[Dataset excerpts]
============

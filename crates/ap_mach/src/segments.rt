// The segments of a program in a linked file.
ghost use Rattle.std.specs.Prelude.{◌≡◌, ◌+◌, ◌<◌, ◌≤◌};
ghost use Rattle.ap_elf.specs.declared.constants.TheConstants.{ADDRESS_TOP};
ghost use Rattle.ap_mach.specs.Segments as spec;

use crate::constants::{
    LOAD_NAME, SEGMENT_ALIGNMENT, VM_PROT_EXECUTE, VM_PROT_READ, VM_PROT_WRITE,
};
use crate::types::SegmentCommand;
use ap_check::Load;
use ap_elf::constants::{PF_R, PF_W, PF_X};
use ap_fields::{Perms, ceil_to, floor_to};
use ap_layout::Area;
use bitflags::Flags;

/// The segment that keeps free what stands in front of the first load.
#[tactic(auto, using(ap_fields::proofs::Granules::powers), unfolding(crate::specs::Segments::zero_segment))]
pub(crate) fn zero_segment(loads: &[Load]) -> SegmentCommand
    ensures { result ≡ spec.zero_segment loads.now }
{
    let vmsize = match loads {
        [] => 0,
        [first, ..] => floor_to(first.vaddr, SEGMENT_ALIGNMENT),
    };
    SegmentCommand {
        vmsize,
        ..SegmentCommand::default()
    }
}

/// The segment of a load that has an area.
#[tactic(auto, using(ap_fields::proofs::Granules::powers), unfolding(crate::specs::Segments::load_segment))]
pub(crate) fn load_segment(p: &Load, area: &Area) -> SegmentCommand
    requires { p.now.vaddr + p.now.memsz ≤ ADDRESS_TOP }
    ensures { result ≡ spec.load_segment p.now area.now }
{
    let start = floor_to(p.vaddr, SEGMENT_ALIGNMENT);
    SegmentCommand {
        vmaddr: start,
        vmsize: ceil_to(p.vaddr + p.memsz, SEGMENT_ALIGNMENT) - start,
        fileoff: area.file,
        filesize: area.len,
        initprot: protection(p.perms),
    }
}

// What may be done with the memory of a load.
fn protection(perms: Perms) -> u32
    ensures { result ≡ spec.protection_of perms.0 }
{
    let bits = u32::from(perms.bits());
    let read = if bits & PF_R == 0 { 0 } else { VM_PROT_READ };
    let write = if bits & PF_W == 0 { 0 } else { VM_PROT_WRITE };
    let execute = if bits & PF_X == 0 { 0 } else { VM_PROT_EXECUTE };
    read + write + execute
}

/// The name of the segment of the load number `k`, as a number.
pub(crate) fn load_name(k: u8) -> u64
    requires { k < 100 }
    ensures { result ≡ spec.load_name k }
{
    let digits = 48 + u64::from(k / 10) + 256 * (48 + u64::from(k % 10));
    LOAD_NAME + (1 << 40) * digits
}
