// The first of some rules that fails.
ghost use Rattle.std.specs.Prelude.{◌≡◌};
ghost use Rattle.ap_mach.specs.MachReading as spec;
ghost use Rattle.ap_mach.specs.MachReading.{Checks};

use crate::fault::{MachCause, MachFault};

/// A refusal: its cause, the command counted from 1, or 0, and the number that was found.
pub fn refusal(cause: MachCause, item: u16, value: u64) -> MachFault
    ensures { result ≡ spec.refusal cause item value }
{
    MachFault { cause, item, value }
}

/// The fault of the first rule that doesn't hold.
pub fn check_rules(rules: &[(bool, MachFault)]) -> Result<(), MachFault>
    ensures { Checks result rules.now }
{
    for (holds, fault) in rules {
        if !*holds {
            return Err(*fault);
        }
    }
    Ok(())
}
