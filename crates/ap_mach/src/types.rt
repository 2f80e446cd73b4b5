// The structures of a Mach-O file, as far as they are looked at (loader.h, `mach_header_64`, `load_command`,
// `segment_command_64` and `thread_command`).

/// What is looked at of the header.
#[derive(Clone, Copy, Debug, Default, PartialEq, Eq)]
pub struct MachHeader {
    /// The file's first four bytes (`magic`).
    pub magic: u32,
    /// The machine that the file is for (`cputype`).
    pub cpu: u32,
    /// What kind of file it is (`filetype`).
    pub kind: u32,
    /// How many commands there are (`ncmds`).
    pub count: u32,
    /// How many bytes they have in all (`sizeofcmds`).
    pub size: u32,
}

/// What each command begins with.
#[derive(Clone, Copy, Debug, Default, PartialEq, Eq)]
pub struct Command {
    /// What the command is for (`cmd`).
    pub kind: u32,
    /// The place of its first byte in the file.
    pub at: u64,
    /// How many bytes it has (`cmdsize`).
    pub size: u32,
}

/// What is looked at of a segment command.
#[derive(Clone, Copy, Debug, Default, PartialEq, Eq)]
pub struct SegmentCommand {
    /// The first address (`vmaddr`).
    pub vmaddr: u64,
    /// How many addresses there are (`vmsize`).
    pub vmsize: u64,
    /// The place in the file of the byte at the first address (`fileoff`).
    pub fileoff: u64,
    /// How many addresses show the file's bytes (`filesize`).
    pub filesize: u64,
    /// What may be done with the memory at first (`initprot`).
    pub initprot: u32,
}

/// What is looked at of a thread command.
#[derive(Clone, Copy, Debug, Default, PartialEq, Eq)]
pub struct ThreadCommand {
    /// Which registers its state has (`flavor`).
    pub flavor: u32,
    /// How many numbers of 32 bits they are (`count`).
    pub count: u32,
    /// Register 16, counted from 0: the address at which the program starts (`rip` of `x86_thread_state64_t`).
    pub start: u64,
}

/// A command with its fields, by either kind that has fields which are looked at.
#[derive(Clone, Copy, Debug, Default, PartialEq, Eq)]
pub struct CommandParts {
    pub front: Command,
    /// Its fields, if it is a segment command.
    pub segment: SegmentCommand,
    /// Its fields, if it is a thread command.
    pub thread: ThreadCommand,
}
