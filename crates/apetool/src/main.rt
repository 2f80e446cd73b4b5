// The program: the machine's files, standard output and standard error, and what ap_run does with them.
#![tactic(auto)]

ghost use Rattle.std.specs.Prelude.{◌≡◌, ◌≢◌};
ghost use Rattle.ap_run.specs.declared.end.Cause.TheVariants.{NoMemory, Usage};
ghost use Rattle.std.specs.declared.io.ErrorKind.TheVariants.{OutOfMemory};

use ap_files::{DiskFiles, ErrSink, OutSink};
use ap_run::{Cause, End, end_by, run};
use std::env;
use std::io::ErrorKind;
use std::process::ExitCode;

fn main(rt: HostRuntime) -> ExitCode {
    let alloc = rt.alloc();
    let mut out = OutSink::new(rt.stdout());
    let mut err = ErrSink::new(rt.stderr());
    let mut words = Vec::new(alloc);
    let args = match env::args(&rt) {
        Ok(args) => args,
        Err(error) => return ExitCode::from(status_of(&end_by(&mut err, cause_of(error.kind())))),
    };
    for word in args.skip(1) {
        if words.push(word).is_err() {
            return ExitCode::from(status_of(&end_by(&mut err, Cause::NoMemory)));
        }
    }
    let mut files = DiskFiles::new(rt);
    let end = run(alloc, &words, &mut files, &mut out, &mut err);
    files.discard();
    ExitCode::from(status_of(&end))
}

/// Why the machine's words can't be had: for want of memory, or since one of them is no text.
fn cause_of(kind: ErrorKind) -> Cause
    ensures memory { kind ≡ OutOfMemory → result ≡ NoMemory }
    ensures others { kind ≢ OutOfMemory → result ≡ Usage }
{
    if kind == ErrorKind::OutOfMemory {
        Cause::NoMemory
    } else {
        Cause::Usage
    }
}

/// The status that the process ends with.
fn status_of(end: &End) -> u8
    ensures { result ≡ end.now.status }
{
    end.status
}
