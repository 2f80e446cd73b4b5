// The numbers of the Mach-O format that are looked at or written, by the names that loader.h and the headers beside it give
// them, and the limits that readings set to them.

use ap_fields::MOST_LOADS;

/// The first four bytes of a Mach-O file of 64 bits, as a number.
pub const MH_MAGIC_64: u32 = 0xfeedfacf;
/// The machine x86-64 (`cputype`).
pub const CPU_TYPE_X86_64: u32 = 0x01000007;
/// Any processor of this machine (`cpusubtype`).
pub const CPU_SUBTYPE_X86_64_ALL: u32 = 3;
/// The type of a program (`filetype`).
pub const MH_EXECUTE: u32 = 2;
/// The flag of a program of which no symbol is left undefined (`flags`).
pub const MH_NOUNDEFS: u32 = 1;
/// The bytes of the header.
pub const HEADER_SIZE: usize = 32;

/// The most commands of a file that is read.
pub const MOST_COMMANDS: usize = 1024;
/// The bytes that each command begins with: its kind, and its size.
pub const COMMAND_SIZE: usize = 8;
/// What the sizes of commands are multiples of.
pub const COMMAND_ALIGNMENT: usize = 8;

/// The command of a part of the file that is mapped (`cmd`).
pub const LC_SEGMENT_64: u32 = 0x19;
/// The command of the state in which a program starts.
pub const LC_UNIXTHREAD: u32 = 5;
/// The command that names a dynamic linker.
pub const LC_LOAD_DYLINKER: u32 = 0xe;
/// The command of the place at which a dynamic linker starts a program.
pub const LC_MAIN: u32 = 0x80000028;

/// The bytes of a segment command without sections.
pub const SEGMENT_SIZE: usize = 72;
/// What addresses, sizes and places of segments are multiples of: the page of x86-64.
pub const SEGMENT_ALIGNMENT: u64 = 4096;
/// The bit of memory that may be read (`initprot`).
pub const VM_PROT_READ: u32 = 1;
/// The bit of memory that may be written.
pub const VM_PROT_WRITE: u32 = 2;
/// The bit of memory that may be executed.
pub const VM_PROT_EXECUTE: u32 = 4;
/// All three of them.
pub const VM_PROT_ALL: u32 = VM_PROT_READ | VM_PROT_WRITE | VM_PROT_EXECUTE;

/// The flavor of a thread's state that has the registers of x86-64.
pub const X86_THREAD_STATE64: u32 = 4;
/// How many numbers of 32 bits this state has: 21 registers of 64 bits.
pub const X86_THREAD_STATE64_COUNT: u32 = 42;
/// The bytes of a thread command with this state.
pub const THREAD_SIZE: usize = 184;

/// The name of the segment in front of the first load, `__ZERO`, as a number.
pub const ZERO_NAME: u64 = 0x4f52_455a_5f5f;
/// The first five letters of the names of the loads' segments, `__APE`, as a number; two digits follow them.
pub const LOAD_NAME: u64 = 0x45_5041_5f5f;
/// The most bytes of the headers that are written: the header, a segment command of each load and one more, and a thread command.
pub const MOST_HEADERS: usize = HEADER_SIZE + SEGMENT_SIZE * (MOST_LOADS + 1) + THREAD_SIZE;
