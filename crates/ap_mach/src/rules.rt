// What is asked of header and commands.
ghost use Rattle.std.specs.Prelude.{◌≡◌, ◌+◌, ◌≤◌, OnOk};
ghost use Rattle.ap_mach.specs.MachReading as spec;
ghost use Rattle.ap_mach.specs.MachReading.{Checks, header_rules, front_rules, segment_rules, thread_rules};
ghost use Rattle.ap_mach.specs.Stages.{IsTaken};

use crate::check::{check_rules, refusal};
use crate::commands::is_whole;
use crate::constants::{
    CPU_TYPE_X86_64, HEADER_SIZE, LC_LOAD_DYLINKER, LC_MAIN, MH_EXECUTE, MH_MAGIC_64,
    MOST_COMMANDS, SEGMENT_ALIGNMENT, SEGMENT_SIZE, THREAD_SIZE, VM_PROT_ALL, X86_THREAD_STATE64,
    X86_THREAD_STATE64_COUNT,
};
use crate::fault::MachCause::{
    Aligned, CommandRange, CommandSize, Count, Cpu, Dynamic, FileType, Magic, Many, Order, Range,
    SegmentSize, Short, Sizes, Thread, Top,
};
use crate::fault::MachFault;
use crate::types::{Command, MachHeader, SegmentCommand, ThreadCommand};
use ap_elf::constants::ADDRESS_TOP;
use ap_image::MOST_REGIONS;

/// The rules of the header of a file of `size` bytes.
pub fn check_header(size: u64, h: &MachHeader) -> Result<(), MachFault>
    ensures rules { Checks result (header_rules size h.now) }
    ensures taken { OnOk result (IsTaken size h.now) }
{
    let end = HEADER_SIZE as u64 + h.size as u64;
    check_rules(&[
        (size >= HEADER_SIZE as u64, refusal(Short, 0, size)),
        (h.magic == MH_MAGIC_64, refusal(Magic, 0, h.magic as u64)),
        (h.cpu == CPU_TYPE_X86_64, refusal(Cpu, 0, h.cpu as u64)),
        (h.kind == MH_EXECUTE, refusal(FileType, 0, h.kind as u64)),
        (
            h.count <= MOST_COMMANDS as u32,
            refusal(Count, 0, h.count as u64),
        ),
        (end <= size, refusal(CommandRange, 0, h.size as u64)),
    ])
}

/// The rules of the command number `k`, whatever its kind, where the commands end at `end`.
pub fn check_command(end: u64, k: u16, c: &Command) -> Result<(), MachFault>
    requires { c.now.at ≤ end }
    ensures rules { Checks result (front_rules end k c.now) }
    ensures fits { OnOk result (c.now.at + c.now.size ≤ end) }
{
    let dynamic = c.kind == LC_MAIN || c.kind == LC_LOAD_DYLINKER;
    check_rules(&[
        (is_whole(end, c), refusal(CommandSize, k, c.at)),
        (!dynamic, refusal(Dynamic, k, c.kind as u64)),
    ])
}

/// The rules of the segment command number `k`, which has `size` bytes, in a file of `len` bytes, where `count` segments
/// before it map something, the last of them up to `low`.
pub fn check_segment(
    len: u64,
    k: u16,
    low: u64,
    count: usize,
    size: u32,
    s: &SegmentCommand,
) -> Result<(), MachFault>
    ensures { Checks result (segment_rules len k low count size s.now) }
{
    let bare = !maps(s);
    let within = s.filesize <= len && s.fileoff <= len - s.filesize;
    let below = s.vmsize <= ADDRESS_TOP && s.vmaddr <= ADDRESS_TOP - s.vmsize;
    check_rules(&[
        (
            size >= SEGMENT_SIZE as u32,
            refusal(SegmentSize, k, size as u64),
        ),
        (is_aligned(s), refusal(Aligned, k, s.vmaddr)),
        (s.filesize <= s.vmsize, refusal(Sizes, k, s.filesize)),
        (within, refusal(Range, k, s.fileoff)),
        (below, refusal(Top, k, s.vmaddr)),
        (bare || low <= s.vmaddr, refusal(Order, k, s.vmaddr)),
        (
            bare || count < MOST_REGIONS,
            refusal(Many, k, MOST_REGIONS as u64),
        ),
    ])
}

/// Whether a segment maps something.
pub fn maps(s: &SegmentCommand) -> bool
    ensures { result ≡ spec.maps s.now }
{
    s.initprot & VM_PROT_ALL != 0 && s.vmsize != 0
}

fn is_aligned(s: &SegmentCommand) -> bool
    ensures { result ≡ spec.is_aligned s.now }
{
    s.vmaddr % SEGMENT_ALIGNMENT == 0
        && s.vmsize % SEGMENT_ALIGNMENT == 0
        && s.fileoff % SEGMENT_ALIGNMENT == 0
}

/// The rules of the thread command number `k`, which has `size` bytes, where there was one before or not.
pub fn check_thread(k: u16, before: bool, size: u32, t: &ThreadCommand) -> Result<(), MachFault>
    ensures { Checks result (thread_rules k before size t.now) }
{
    let first = has_registers(size, t) && !before;
    check_rules(&[(first, refusal(Thread, k, size as u64))])
}

fn has_registers(size: u32, t: &ThreadCommand) -> bool
    ensures { result ≡ spec.has_registers size t.now }
{
    size >= THREAD_SIZE as u32
        && t.flavor == X86_THREAD_STATE64
        && t.count == X86_THREAD_STATE64_COUNT
}
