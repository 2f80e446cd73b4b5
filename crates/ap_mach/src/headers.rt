// The headers as bytes.
ghost use Rattle.std.specs.Prelude.{◌≡◌, ◌+◌, ◌*◌, ◌≤◌, ◌++◌, length};
ghost use Rattle.ap_fields.specs.declared.sizes.TheConstants.{MOST_LOADS};
ghost use Rattle.ap_mach.specs.declared.constants.TheConstants.{MOST_HEADERS, SEGMENT_SIZE};
ghost use Rattle.ap_mach.specs.Segments as segments_spec;
ghost use Rattle.ap_mach.specs.Segments.{load_segments, segment_table};
ghost use Rattle.ap_mach.specs.Written as spec;
ghost use Rattle.ap_mach.specs.Written.{IsProgram};

use crate::constants::{
    CPU_SUBTYPE_X86_64_ALL, CPU_TYPE_X86_64, HEADER_SIZE, LC_SEGMENT_64, LC_UNIXTHREAD, MH_EXECUTE,
    MH_MAGIC_64, MH_NOUNDEFS, MOST_HEADERS, SEGMENT_SIZE, THREAD_SIZE, VM_PROT_ALL,
    X86_THREAD_STATE64, X86_THREAD_STATE64_COUNT, ZERO_NAME,
};
use crate::segments::{load_name, load_segment, zero_segment};
use crate::types::SegmentCommand;
use ap_check::Load;
use ap_fields::{put32, put64};
use ap_layout::Area;
use arrayvec::ArrayVec;

pub(crate) type Bytes = ArrayVec<u8, MOST_HEADERS>;

/// The Mach-O headers of a program that starts at `start` and whose loads have these areas of the linked file: the header, a
/// segment command for what stands in front of the first load, one for each load, and a thread command.
pub fn mach_headers(start: u64, loads: &[Load], areas: &[Area]) -> ArrayVec<u8, MOST_HEADERS>
    requires { IsProgram loads.now areas.now }
    ensures { result.items ≡ spec.mach_headers start loads.now areas.now }
{
    let zero = zero_segment(loads);
    let mut bytes = ArrayVec::new();
    push_bytes(&mut bytes, &header(loads.len() as u32));
    push_bytes(&mut bytes, &segment_command(ZERO_NAME, 0, &zero));
    push_loads(&mut bytes, loads, areas);
    push_bytes(&mut bytes, &thread_command(start));
    bytes
}

// Appends bytes, for which there is room.
fn push_bytes(out: &mut Bytes, piece: &[u8])
    requires { length out.old.items + length piece.now ≤ MOST_HEADERS }
    ensures { out.new.items ≡ out.old.items ++ piece.now }
{
    for byte in piece {
        out.push(*byte);
    }
}

// Appends the segment commands of loads.
#[tactic(auto, using(crate::proofs::SegmentTables::table_steps))]
fn push_loads(out: &mut Bytes, loads: &[Load], areas: &[Area])
    requires room { length out.old.items + SEGMENT_SIZE * length loads.now ≤ MOST_HEADERS }
    requires program { IsProgram loads.now areas.now }
    ensures items { out.new.items
        ≡ out.old.items ++ segment_table 1 (load_segments loads.now areas.now) }
    ensures long { length out.new.items
        ≡ length out.old.items + SEGMENT_SIZE * length loads.now }
{
    let mut k = 1;
    for i in 0..loads.len() {
        let segment = load_segment(&loads[i], &areas[i]);
        push_bytes(out, &segment_command(load_name(k), VM_PROT_ALL, &segment));
        k += 1;
    }
}

// The header of a program of so many loads.
fn header(loads: u32) -> [u8; HEADER_SIZE]
    requires { loads ≤ MOST_LOADS }
    ensures { result ≡ spec.header loads }
{
    let mut bytes = [0; HEADER_SIZE];
    put32(&mut bytes, 0, MH_MAGIC_64);
    put32(&mut bytes, 4, CPU_TYPE_X86_64);
    put32(&mut bytes, 8, CPU_SUBTYPE_X86_64_ALL);
    put32(&mut bytes, 12, MH_EXECUTE);
    put32(&mut bytes, 16, loads + 2);
    put32(&mut bytes, 20, written_size(loads));
    put32(&mut bytes, 24, MH_NOUNDEFS);
    bytes
}

// How many bytes the commands of a program of so many loads have.
fn written_size(loads: u32) -> u32
    requires { loads ≤ MOST_LOADS }
    ensures { result ≡ spec.written_size loads }
{
    SEGMENT_SIZE as u32 * (loads + 1) + THREAD_SIZE as u32
}

// A segment command, with a name and the most that may be done with the memory.
fn segment_command(name: u64, most: u32, s: &SegmentCommand) -> [u8; SEGMENT_SIZE]
    ensures { result ≡ segments_spec.segment_command name most s.now }
{
    let mut bytes = [0; SEGMENT_SIZE];
    put32(&mut bytes, 0, LC_SEGMENT_64);
    put32(&mut bytes, 4, SEGMENT_SIZE as u32);
    put64(&mut bytes, 8, name);
    put64(&mut bytes, 24, s.vmaddr);
    put64(&mut bytes, 32, s.vmsize);
    put64(&mut bytes, 40, s.fileoff);
    put64(&mut bytes, 48, s.filesize);
    put32(&mut bytes, 56, most);
    put32(&mut bytes, 60, s.initprot);
    bytes
}

// The thread command of a program that starts at an address.
fn thread_command(start: u64) -> [u8; THREAD_SIZE]
    ensures { result ≡ spec.thread_command start }
{
    let mut bytes = [0; THREAD_SIZE];
    put32(&mut bytes, 0, LC_UNIXTHREAD);
    put32(&mut bytes, 4, THREAD_SIZE as u32);
    put32(&mut bytes, 8, X86_THREAD_STATE64);
    put32(&mut bytes, 12, X86_THREAD_STATE64_COUNT);
    put64(&mut bytes, 144, start);
    bytes
}
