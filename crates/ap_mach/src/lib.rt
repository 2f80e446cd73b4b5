//! The headers of Mach-O programs for x86-64: how header and commands are read, those of a program in a linked file, and the
//! definition of what such a file puts into memory, the Mach-O reading.
#![tactic(auto)]

pub mod constants; // the numbers of the format
mod types; // the structures, field by field
mod fault; // why a file has no reading
mod check; // the first rule that fails
mod read; // the structures from bytes
mod commands; // the command that stands at a place
mod rules; // what is asked of header and commands
mod file; // header and commands of a file by its name
mod law; // where the reading looks
mod segments; // the segments of a program in a linked file
mod headers; // its headers as bytes
mod write; // the headers, claimed
mod mac; // what of a linked file is for macOS

pub use check::{check_rules, refusal};
pub use commands::command;
pub use fault::{MachCause, MachFault};
pub use file::{header_in, parts_in};
pub use headers::mach_headers;
pub use law::{mach_reads_alike, mach_reads_back};
pub use mac::write_mach;
pub use rules::{check_command, check_segment, check_thread, maps};
pub use types::{Command, CommandParts, MachHeader, SegmentCommand, ThreadCommand};
pub use write::write_headers;
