// What holds of the Mach-O reading, by its definition.
ghost use Rattle.ap_mach.specs.Looks.{MachReadsAlike};
ghost use Rattle.ap_mach.specs.ReadBack.{MachReadsBack, SegmentsAllow};

/// Two files of equal length that agree on their first 32 bytes and on the commands of the first have the same refusal, or the
/// same addresses, permissions and entry, and show the same places of the file.
pub fn mach_reads_alike()
    ensures { MachReadsAlike }
{}

/// A file that begins with the headers of a program as [`crate::mach_headers`] writes them, and has the areas of its loads, isn't
/// refused: it starts where the program does, and has a segment for each load, with the load's permissions.
pub fn mach_reads_back()
    ensures reading { MachReadsBack }
    ensures perms { SegmentsAllow }
{}
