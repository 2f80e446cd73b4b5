// The structures read from bytes.
ghost use Rattle.std.specs.Prelude.{◌≡◌, ◌+◌, ◌≤◌, length};
ghost use Rattle.ap_mach.specs.declared.constants.TheConstants.{HEADER_SIZE, COMMAND_SIZE, SEGMENT_SIZE, THREAD_SIZE};
ghost use Rattle.ap_mach.specs.Format.{header_of, command_by, segment_at, thread_at, parts_by};

use crate::types::{Command, CommandParts, MachHeader, SegmentCommand, ThreadCommand};
use ap_fields::{le32, le64};

/// The header that bytes begin with.
#[tactic(auto, unfolding(crate::specs::Format::header_of))]
pub fn header(b: &[u8]) -> MachHeader
    requires { HEADER_SIZE ≤ length b.now }
    ensures { result ≡ header_of b.now }
{
    MachHeader {
        magic: le32(b, 0),
        cpu: le32(b, 4),
        kind: le32(b, 12),
        count: le32(b, 16),
        size: le32(b, 20),
    }
}

/// The command at the place `at` of a file, whose bytes stand from `from` on.
#[tactic(auto, unfolding(crate::specs::Format::command_by))]
pub fn front(at: u64, b: &[u8], from: usize) -> Command
    requires { from + COMMAND_SIZE ≤ length b.now }
    ensures is { result ≡ command_by at b.now from }
    ensures place { result.at ≡ at }
{
    Command {
        kind: le32(b, from),
        at,
        size: le32(b, from + 4),
    }
}

// The fields of a segment command that bytes begin with.
#[tactic(auto, unfolding(crate::specs::Format::segment_at))]
fn segment(b: &[u8]) -> SegmentCommand
    requires { SEGMENT_SIZE ≤ length b.now }
    ensures { result ≡ segment_at b.now 0 }
{
    SegmentCommand {
        vmaddr: le64(b, 24),
        vmsize: le64(b, 32),
        fileoff: le64(b, 40),
        filesize: le64(b, 48),
        initprot: le32(b, 60),
    }
}

// The fields of a thread command that bytes begin with.
#[tactic(auto, unfolding(crate::specs::Format::thread_at))]
fn thread(b: &[u8]) -> ThreadCommand
    requires { THREAD_SIZE ≤ length b.now }
    ensures { result ≡ thread_at b.now 0 }
{
    ThreadCommand {
        flavor: le32(b, 8),
        count: le32(b, 12),
        start: le64(b, 144),
    }
}

/// The command at the place `at` of a file, whose bytes these begin with, with its fields.
#[tactic(auto, unfolding(crate::specs::Format::parts_by))]
pub fn parts(at: u64, b: &[u8]) -> CommandParts
    requires { THREAD_SIZE ≤ length b.now }
    ensures is { result ≡ parts_by at b.now 0 }
    ensures place { result.front.at ≡ at }
{
    CommandParts {
        front: front(at, b, 0),
        segment: segment(b),
        thread: thread(b),
    }
}
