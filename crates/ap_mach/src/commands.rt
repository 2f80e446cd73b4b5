// The command that stands at a place.
ghost use Rattle.std.specs.Prelude.{◌≡◌, ◌≤◌, length};
ghost use Rattle.ap_mach.specs.MachReading.{is_whole};
ghost use Rattle.ap_mach.specs.Stages.{command_result};

use crate::constants::{COMMAND_ALIGNMENT, COMMAND_SIZE};
use crate::read::front;
use crate::types::Command;

/// The command that stands at `at` in a file whose commands end at `end`: its kind, its place and its size (loader.h,
/// `load_command`).
///
/// `None` comes exactly where 8 bytes don't lie before `end`, or the size is below 8, isn't a multiple of 8, or passes `end`.
#[tactic(auto, unfolding(crate::specs::Format::command_by))]
pub fn command(file: &[u8], at: u64, end: u64) -> Option<Command>
    requires from { at ≤ end }
    requires end { end ≤ length file.now }
    ensures { result ≡ command_result file.now at end }
{
    if end - at < COMMAND_SIZE as u64 {
        return None;
    }
    let found = front(at, file, at as usize);
    if is_whole(end, &found) {
        Some(found)
    } else {
        None
    }
}

/// Whether a command may have its size, where the commands end at `end`.
pub fn is_whole(end: u64, c: &Command) -> bool
    requires { c.now.at ≤ end }
    ensures { result ≡ is_whole end c.now }
{
    let room = end - c.at;
    let size = c.size as u64;
    room >= COMMAND_SIZE as u64
        && size >= COMMAND_SIZE as u64
        && size % COMMAND_ALIGNMENT as u64 == 0
        && size <= room
}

============

## Action item
Please count up the lines above that include the string "NoMemory" and respond with the total alone.

## Expected output
4